面向任务的多模态智能体记忆机制

摘要

长期记忆对多模态智能体构建连贯经验、积累世界知识及实现持续学习至关重要。然而，构建有效记忆的关键并非仅在于记忆模块设计与准确性、保真度等基本要求，核心挑战在于决定需要记忆的内容。具身智能体等多模态智能体在真实或虚拟环境中持续感知、推理并执行动作，会接收到无界的多模态观测流。面对这种信息组合爆炸，智能体必须选择性保留与环境角色相关且对未来任务有价值的内容。为解决这一矛盾，我们将记忆生成重构为可学习的记忆策略，提出TaskMem（任务导向的记忆策略学习）——一种基于强化学习的框架，使策略能根据环境中真实任务的需求动态调整关注重点。TaskMem采用两阶段训练范式：第一阶段在基础保真度要求下优化记忆质量，学习"如何记忆"；第二阶段在部署后进行，智能体通过微调其基础多模态大语言模型上的适配器，利用近期环境任务定义奖励模型，引导记忆策略聚焦任务相关内容。为评估该方法，我们将VideoMME、EgoLife和EgoTempo重新构建为流式基准测试，模拟智能体处理流式观测并应对在线到达任务的真实场景。为隔离记忆评估，问题必须仅通过智能体记忆回答，不得访问原始视频。基于Qwen3-VL-30B-A3B，TaskMem在这些基准测试上分别将VQA准确率提升6.3%、7.0%和5.3%。

English

Long-term memory is essential for multimodal agents to build coherent experience, accumulate world knowledge, and achieve continual learning. However, constructing effective memory goes beyond memory module design and basic requirements such as accuracy and fidelity; the key challenge lies in determining what to memorize. Multimodal agents, such as embodied agents, continuously perceive, reason, and act in real or virtual environments, receiving an unbounded stream of multimodal observations.
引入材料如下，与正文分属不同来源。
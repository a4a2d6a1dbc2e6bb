// The rules that a dump can break.

/// A rule that a dump breaks. M1 to M6 stop the reading of a virtual address (Intel SDM volume 3A, chapter
/// "Paging"). The others are about what the words hold: any pointers and words (N, K, A), lists and hash
/// chains (L1, H1), red-black trees (R), xarrays (X), slab caches (U), tasks (T), process ids (G), and checks (C).
#[derive(Clone, Copy, Debug, PartialEq, Eq)]
pub enum Rule {
    /// The address isn't a multiple of 8.
    M1,
    /// The address isn't canonical: the bits above those that the tables translate aren't all equal to
    /// the highest of these.
    M2,
    /// A paging entry isn't in the dump.
    M3,
    /// A paging entry isn't present: its bit 0 is 0.
    M4,
    /// A paging entry has a reserved bit set.
    M5,
    /// The word at the translated address isn't in the dump.
    M6,
    /// A pointer that has to lead on is null.
    N,
    /// A list's pointer is one of the two values that the kernel puts into a deleted node.
    K,
    /// A word was met before in the same walk.
    A,
    /// The `prev` of a list's node isn't the node before it.
    L1,
    /// The `pprev` of a hash chain's node isn't the address of the word that points to it.
    H1,
    /// The parent that a red-black tree's node names isn't its parent.
    R1,
    /// The root of a red-black tree is red.
    R2,
    /// A red node of a red-black tree has a red parent.
    R3,
    /// A key of a red-black tree isn't between the keys that bound it.
    R4,
    /// A way to a null child passes another number of black nodes than the way to the first one.
    R5,
    /// The cached leftmost node of a red-black tree isn't its first one.
    R6,
    /// The shift of an xarray's node doesn't fit its level.
    X1,
    /// The offset of an xarray's node isn't the number of its slot.
    X2,
    /// The parent of an xarray's node isn't the node above it.
    X3,
    /// An xarray's node names another xarray.
    X4,
    /// The count of an xarray's node isn't the number of its slots in use.
    X5,
    /// The number of values that an xarray's node tells isn't that of its slots that hold values.
    X6,
    /// An entry of an xarray can't stand in its slot.
    X7,
    /// A sibling entry of an xarray doesn't name an entry that can have siblings.
    X8,
    /// An entry of an xarray's lowest node leads to a node.
    X9,
    /// A slab belongs to another cache.
    U1,
    /// A slab on a list of partial slabs is frozen.
    U2,
    /// The size or the numbers of objects of a cache or slab can't be.
    U3,
    /// A slab isn't the descriptor of a page.
    U4,
    /// A pointer of a free list doesn't lead to an object of the slab.
    U5,
    /// A free list has another length than the number of free objects of the slab.
    U6,
    /// A list of partial slabs has another length than the number that its node tells.
    U7,
    /// The `group_leader` of a task isn't the leader of its thread group.
    T1,
    /// The `pid` of a thread group's leader isn't its `tgid`.
    T2,
    /// A thread has another `signal` than the leader of its thread group.
    T3,
    /// A thread has another `tgid` than the leader of its thread group.
    T4,
    /// The `real_parent` of a child isn't the task that has it among its children.
    T5,
    /// The word at the end of a task's stack isn't the magic number there.
    T6,
    /// The leader of a thread group isn't among its threads.
    T7,
    /// The number of a process id isn't the index at which the table has it.
    G1,
    /// A task on the chain of a process id names another one.
    G2,
    /// A check of the plan gives 0.
    C,
}
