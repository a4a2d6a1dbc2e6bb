// A whole number that was read.
ghost use Rattle.std.specs.Prelude.{pos, ◌≤ℤ◌, ◌<ℤ◌, ◌-ℤ◌, ◌^◌};
ghost use Rattle.kc_memory.specs.Bits.{Number};

use crate::words::Place;
use std::marker::Model;

/// A whole number in virtual memory, and the places of the words that hold it.
#[derive(Clone, Copy, Debug, PartialEq, Eq)]
pub struct Scalar {
    /// The number, from -2^63 to 2^64 - 1.
    pub value: i128,
    /// The place of the word that holds its lowest bit.
    pub first: Place,
    /// The place of the word after that one, where it holds the number's highest bit.
    pub second: Option<Place>,
}

impl Model for Scalar {
    ghost Value = { Number };

    ghost view = { λ s. record { value = s.value; first = s.first; second = s.second } };

    ghost invariant = { λ s. ((pos 0 -ℤ pos (2 ^ 63)) ≤ℤ s.value) × (s.value <ℤ pos (2 ^ 64)) };

    ghost inverse = { λ n. record { value = n.value; first = n.first; second = n.second } };
}
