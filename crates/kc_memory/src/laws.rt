// What the definitions of words say, for a reader to believe and a caller to learn. These functions do
// nothing: each carries a law.
ghost use Rattle.kc_memory.specs.Laws.{WordsStandFirst, TailsAreZero, AbsentWhereNone, FoundIsHeld, PagesMoveWhole, PlacesStand, NumbersStand, NumbersFit, BitsAreOfMemory};

/// A word that comes from the file is the eight bytes at its file offset, and no earlier segment holds them. One that
/// comes from a tail is 0, and no segment's file bytes hold it. A word is absent only where neither is there. A word that
/// is found at a virtual address is one of those that the dump holds.
pub fn know_words()
    ensures first { WordsStandFirst }
    ensures tail { TailsAreZero }
    ensures absent { AbsentWhereNone }
    ensures held { FoundIsHeld }
{}

/// A translation keeps the low 12 bits of an address, and moves a page whole.
pub fn know_pages()
    ensures { PagesMoveWhole }
{}

/// The places that an answer shows are true of the dump.
pub fn know_places()
    ensures { PlacesStand }
{}

/// The places that a whole number shows are true of the dump. Its bits hold the number, and they are the bits of
/// memory.
pub fn know_numbers()
    ensures stand { NumbersStand }
    ensures fit { NumbersFit }
    ensures bits { BitsAreOfMemory }
{}
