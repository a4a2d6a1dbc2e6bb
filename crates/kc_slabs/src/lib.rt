//! The program kslab: every slab of a dump, or those of one cache, found by its page and not by a list, and what it breaks.
#![tactic(auto)]

mod files;
mod laws;
mod looking;
mod of_cache;
mod text;
mod top;

pub use files::slab_shapes;
pub use laws::know_slabs;
pub use looking::{CpusSeen, SlabShapes, SlabsSeen};
pub use of_cache::{SlabFrames, push_cache_line, see_cache};
pub use top::kslab;
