//! The words of a dump's memory, physical and virtual: what they are, where they stand, and why one can't
//! be read. The traits `Frames` and `Space` are the two ways to ask for them, and `read_bits` reads whole
//! numbers from them.
#![tactic(auto)]

mod frames;
mod laws;
mod miss;
mod place;
mod read;
mod rule;
mod scalar;
mod space;
mod words;

pub use frames::{FrameStop, Frames};
pub use laws::{know_numbers, know_pages, know_places, know_words};
pub use miss::Miss;
pub use place::{entry_place, place_of};
pub use read::read_bits;
pub use rule::Rule;
pub use scalar::Scalar;
pub use space::{Space, Stop};
pub use words::{Origin, PWord, Place, VWord};
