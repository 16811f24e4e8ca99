//! Gaps: why a segment isn't linked behind those before it.

use kmipa_record::RecordFault;

/// Why a segment isn't linked behind those before it.
#[derive(Drop)]
pub enum Gap {
    /// A call of this number stands in the segment of this name too.
    Call(i32, String),
    /// It is of the first recording, and the segment before it is of the other one.
    Recording(String, String),
    /// It is the segment of this number, and this one was expected.
    Segment(i32, i64),
    /// It goes on from this seal, and the segment before it ends with the other one.
    Previous([u8; 32], [u8; 32]),
    /// It bears no seals, where a segment of this number was expected, of this recording.
    NoSeals(i64, String),
    /// It bears seals, and the segment before it none.
    Seals,
}

/// Why a segment wasn't linked.
#[derive(Drop)]
pub enum Unlinked {
    /// Its transcript has this fault, or can't be read.
    Fault(RecordFault),
    Gap(Gap),
}
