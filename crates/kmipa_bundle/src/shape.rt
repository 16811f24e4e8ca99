//! Which answers a call may have at which places.

ghost use Rattle.std.specs.Prelude.{◌≡◌, ◌↔◌, ◌<◌, IfSome, IsTrue, option_map, slice_get};
ghost use Rattle.kmipa_batch.specs.Fits.{FailedAt};
ghost use Rattle.kmipa_places.specs.Calls.{read_of};
ghost use Rattle.kmipa_bundle.specs.Fits.{fits_at, fits_outcome};
ghost use Rattle.kmipa_bundle.specs.Running.{LowestUnshaped};
ghost use Rattle.kmipa_bundle.specs.Shapes.{IsShapedAt, answers_as};

use kmipa_batch::has_shape;
use kmipa_msgs::{BatchOption, Status};
use kmipa_passed::Outcome;
use kmipa_places::Readable;

/// The place of the first failed answer, from 0.
pub(crate) fn first_failed(outcomes: &[Outcome]) -> Option<usize>
    ensures { FailedAt (answers_as outcomes.now) result }
{
    for (place, outcome) in outcomes.iter().enumerate() {
        if let Outcome::Failed = outcome {
            return Some(place);
        }
    }
    None
}

/// The lowest place, from 0, that hasn't its shape.
pub(crate) fn first_unshaped(call: &Readable, failed: Option<usize>) -> Option<usize>
    requires { FailedAt (answers_as call.now.outcomes.items) failed }
    ensures lowest { LowestUnshaped (read_of call.now) result }
    ensures last { IfSome result (λ place. place < usize.MAX) }
{
    for place in 0..usize::max(call.asks, call.outcomes.len()) {
        if !is_shaped_at(call, failed, place) {
            return Some(place);
        }
    }
    None
}

/// Whether a place of the call, from 0, has its shape: what may be answered there, or that nothing is, by the Batch Error Continuation Option and
/// the first failed answer.
fn is_shaped_at(call: &Readable, failed: Option<usize>, place: usize) -> bool
    requires { FailedAt (answers_as call.now.outcomes.items) failed }
    ensures { IsTrue result ↔ IsShapedAt (read_of call.now) place }
{
    let asked = place < call.asks;
    let outcome = outcome_at(call, place);
    fits_at(call.pending, call.option, failed, place, asked, outcome)
}

/// How the answer at a place ends, if there is one.
fn outcome_at(call: &Readable, place: usize) -> Option<Outcome>
    ensures { result ≡ slice_get call.now.outcomes.items place }
{
    match call.outcomes.get(place) {
        Some(outcome) => Some(*outcome),
        None => None,
    }
}

/// Whether a place may have an answer that ends so, or none, where `asked` says that the request has an item there.
fn fits_at(
    pending: bool,
    option: BatchOption,
    failed: Option<usize>,
    place: usize,
    asked: bool,
    outcome: Option<Outcome>,
) -> bool
    ensures { result ≡ fits_at pending option failed place asked outcome }
{
    match outcome {
        Some(outcome) => fits_outcome(pending, option, failed, place, asked, outcome),
        None => has_shape(option, failed, place, asked, None),
    }
}

/// Whether a place may have an answer that ends so. One that is still to come may stand where a Success or an Undone answer may.
fn fits_outcome(
    pending: bool,
    option: BatchOption,
    failed: Option<usize>,
    place: usize,
    asked: bool,
    outcome: Outcome,
) -> bool
    ensures { result ≡ fits_outcome pending option failed place asked outcome }
{
    match outcome {
        Outcome::Done => has_shape(option, failed, place, asked, Some(Status::Success)),
        Outcome::Undone => has_shape(option, failed, place, asked, Some(Status::Undone)),
        Outcome::Failed => has_shape(option, failed, place, asked, Some(Status::Failed)),
        Outcome::Pending => {
            pending
                && (has_shape(option, failed, place, asked, Some(Status::Success))
                    || has_shape(option, failed, place, asked, Some(Status::Undone)))
        }
    }
}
From this combinatorial explosion of information, an agent must selectively retain content that is relevant to its role in the environment and valuable for future tasks. To bridge this gap, we frame memory generation as a learnable memorization policy and introduce TaskMem (Task-focused Memorization Policy Learning), a reinforcement-learning-based framework that enables the policy to dynamically adjust its focus to the demands of real tasks encountered in the environment. TaskMem adopts a two-phase training paradigm: Phase One learns how to memorize by optimizing memory quality under fundamental fidelity requirements; Phase Two occurs after deployment, where the agent learns what to memorize by tuning an adapter on its base MLLM, using recent environment tasks to define a reward model that guides the memorization policy toward task-relevant content. To evaluate our approach, we reformulate VideoMME, EgoLife, and EgoTempo into streaming benchmarks that simulate a realistic setting in which an agent processes streaming observations and handles tasks arriving online. To isolate memory assessment, the questions must be answered using only the agent's memory, without access to raw video. Built on Qwen3-VL-30B-A3B, TaskMem improves VQA accuracy by 6.3%, 7.0%, and 5.3% on these benchmarks, respectively.